Puberteit

Veel jongeren hebben een moeilijke periode tijdens hun puberteit. Puberteit en diabetes gaan ook niet echt lekker samen.

Christian: ‘In de 2e klas heb ik een echt rotjaar gehad. Ik was ineens niet meer goed in te stellen. Het ging helemaal mis. Ik moest steeds naar de dokter en werd zelfs twee keer een week opgenomen, maar het ging maar niet beter.’

Dirk: ‘Ik heb een heel moeilijke periode gehad toen ik 18 was. Ik heb toen ook een half jaar nauwelijks gespoten, ik wilde gewoon niet meer. Aan de complicaties die ik later zou kunnen krijgen dacht ik helemaal niet, dat interesseerde me niets. Mijn moeder was erg bezorgd en zat er bovenop. Dat werkte bij mij averechts. Ik wilde dat ze me mijn gang liet gaan. Ouders moeten er niet te veel bovenop zitten. Ze moeten het een beetje loslaten. Je haalt het later wel weer in.’
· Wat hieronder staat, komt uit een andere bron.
// The table with its lock, and what a call does under it.
ghost use Rattle.std.specs.Prelude.{◌≡◌, ℕ, ◌<◌, ◌≤◌, true, false, [], ◌∷◌, List, Option, None, Some, IfOk, IfErr, IsOk, IfSome, MatchBool, MatchOption, MatchResult, option_map};
ghost use Rattle.turn_table.specs.declared.view.View.{View};
ghost use Rattle.turn_table.specs.Meaning.{MayFollow};
ghost use Rattle.turn_table.specs.Turns.{IsDecidable, MayLetGo};
ghost use Rattle.turn_table.specs.Steps.{Grabbed, decided, let_go};
ghost use Rattle.turn_table.specs.Calls.{Began};

use crate::object::Object;
use crate::rule::{Asking, Begun, Decide, Grab, Key, Law, LetGo};
use crate::view::View;
use atomic_table::{Seat, Table};
use std::alloc::Global;
use std::hint::spin_loop;
use std::marker::Brand;
use std::snapshot::Snapshot;
use std::sync::Wait;
use std::thread::yield_now;

// How often a thread tries for the lock before it lets another run.
const TRIES: u32 = 64;

/// An object under a lock, with one history of the calls that were played on it.
#[derive(Drop)]
pub struct TurnTable<O: Object> {
    pub(crate) table: Table<Option<O>, View<O::Told, O::State>, Key<O>, Law<O>, Global>,
    ghost sized: { (table.shared.table_id.words ≡ 2) × (table.shared.table_id.slots ≡ 1) },
}

impl<O: Object> TurnTable<O> {
    // One try for the lock.
    fn grab<B: Begun<O::State>>(&self, seat: &mut Seat<Option<O>, View<O::Told, O::State>>) -> bool
        requires table { seat.old.table_id ≡ self.now.table.shared.table_id }
        requires begun { (B.start ≡ Some (O.state self.now.table.shared.key.object.value)) × (B.desks ≡ self.now.table.shared.key.desks) }
        ensures id { (seat.new.table_id ≡ seat.old.table_id) × (seat.new.id ≡ seat.old.id) }
        ensures lock { MatchBool result (Grabbed O.meaning (MayFollow O.meaning O.Meets) O.state B.start B.desks seat.old.me seat.new.me) (seat.new.me ≡ seat.old.me) }
    {
        let shared = &self.table.shared;
        shared.compare_exchange::<Grab<O, B>>(seat, 0, 0, 1) == 0
    }

    // Waits for the lock.
    fn lock<B: Begun<O::State>, R: Wait>(
        &self,
        rt: &R,
        seat: &mut Seat<Option<O>, View<O::Told, O::State>>,
    )
        requires table { seat.old.table_id ≡ self.now.table.shared.table_id }
        requires begun { (B.start ≡ Some (O.state self.now.table.shared.key.object.value)) × (B.desks ≡ self.now.table.shared.key.desks) }
        ensures id { (seat.new.table_id ≡ seat.old.table_id) × (seat.new.id ≡ seat.old.id) }
        ensures lock { Grabbed O.meaning (MayFollow O.meaning O.Meets) O.state B.start B.desks seat.old.me seat.new.me }
    {
        let mut tried = 0;
        for _ in rt.forever() {
            if self.grab::<B>(seat) {
                return;
            }
            if tried < TRIES {
                tried += 1;
                spin_loop();
            } else {
                yield_now();
            }
        }
        unreachable!()
    }

    // Takes the lock and the object.
    pub(crate) fn begin<R: Wait>(
        &self,
        rt: &R,
        seat: &mut Seat<Option<O>, View<O::Told, O::State>>,
    ) -> O
        requires table { (seat.old.table_id ≡ self.now.table.shared.table_id) × (seat.old.me.1 ≡ []) }
        ensures id { (seat.new.table_id ≡ seat.old.table_id) × (seat.new.id ≡ seat.old.id) }
        ensures carries { seat.new.me.1 ≡ (0, None) ∷ [] }
        ensures began { Began O.meaning (MayFollow O.meaning O.Meets) (O.state self.now.table.shared.key.object.value) self.now.table.shared.key.desks (O.state result) seat.old.me.0 seat.new.me.0 }
    {
        self.lock::<Brand, R>(rt, seat);
        self.table.shared.exchange(seat, 0, None).unwrap()
    }

    // Makes the call that was played the last entry of the history.
    pub(crate) fn decide<A: Asking<O::Told>>(
        &self,
        seat: &mut Seat<Option<O>, View<O::Told, O::State>>,
        asked: &Snapshot<O::Call>,
        reply: &O::Reply,
    )
        requires table { seat.old.table_id ≡ self.now.table.shared.table_id }
        requires entry { A.entry ≡ Some (O.told asked.now.value reply.now) }
        requires may { IsDecidable O.meaning (MayFollow O.meaning O.Meets) A.entry A.back seat.old.me.0 }
        ensures id { (seat.new.table_id ≡ seat.old.table_id) × (seat.new.id ≡ seat.old.id) }
        ensures entry { seat.new.me ≡ (decided O.meaning A.back (O.told asked.now.value reply.now) seat.old.me.0, seat.old.me.1) }
    {
        let _ = asked;
        let _ = reply;
        self.table.shared.fetch_add::<Decide<O, A>>(seat, 1, 1);
    }

    // Puts the object back and lets the lock go.
    pub(crate) fn finish(&self, seat: &mut Seat<Option<O>, View<O::Told, O::State>>, object: O)
        requires table { (seat.old.table_id ≡ self.now.table.shared.table_id) × (seat.old.me.1 ≡ (0, None) ∷ []) }
        requires may { MayLetGo O.meaning (O.state object) seat.old.me.0 }
        ensures id { (seat.new.table_id ≡ seat.old.table_id) × (seat.new.id ≡ seat.old.id) }
        ensures rests { seat.new.me ≡ (let_go seat.old.me.0, []) }
    {
        drop(self.table.shared.exchange(seat, 0, Some(object)));
        self.table.shared.swap::<LetGo>(seat, 0, 0);
    }
}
Miranda: ‘Ik ben 18 jaar, en heb nu al bijna 14 jaar diabetes. Ik ben nog nooit goed instelbaar geweest. Het lukt gewoon niet goed. Ik zit altijd veel hoog en veel laag en heb nooit een normale dag ertussen met mooie waarden. Soms word ik er wel een beetje moedeloos van. Dan kan ik er echt van balen dat ik het heb en al die anderen niet, die zijn wel gezond.’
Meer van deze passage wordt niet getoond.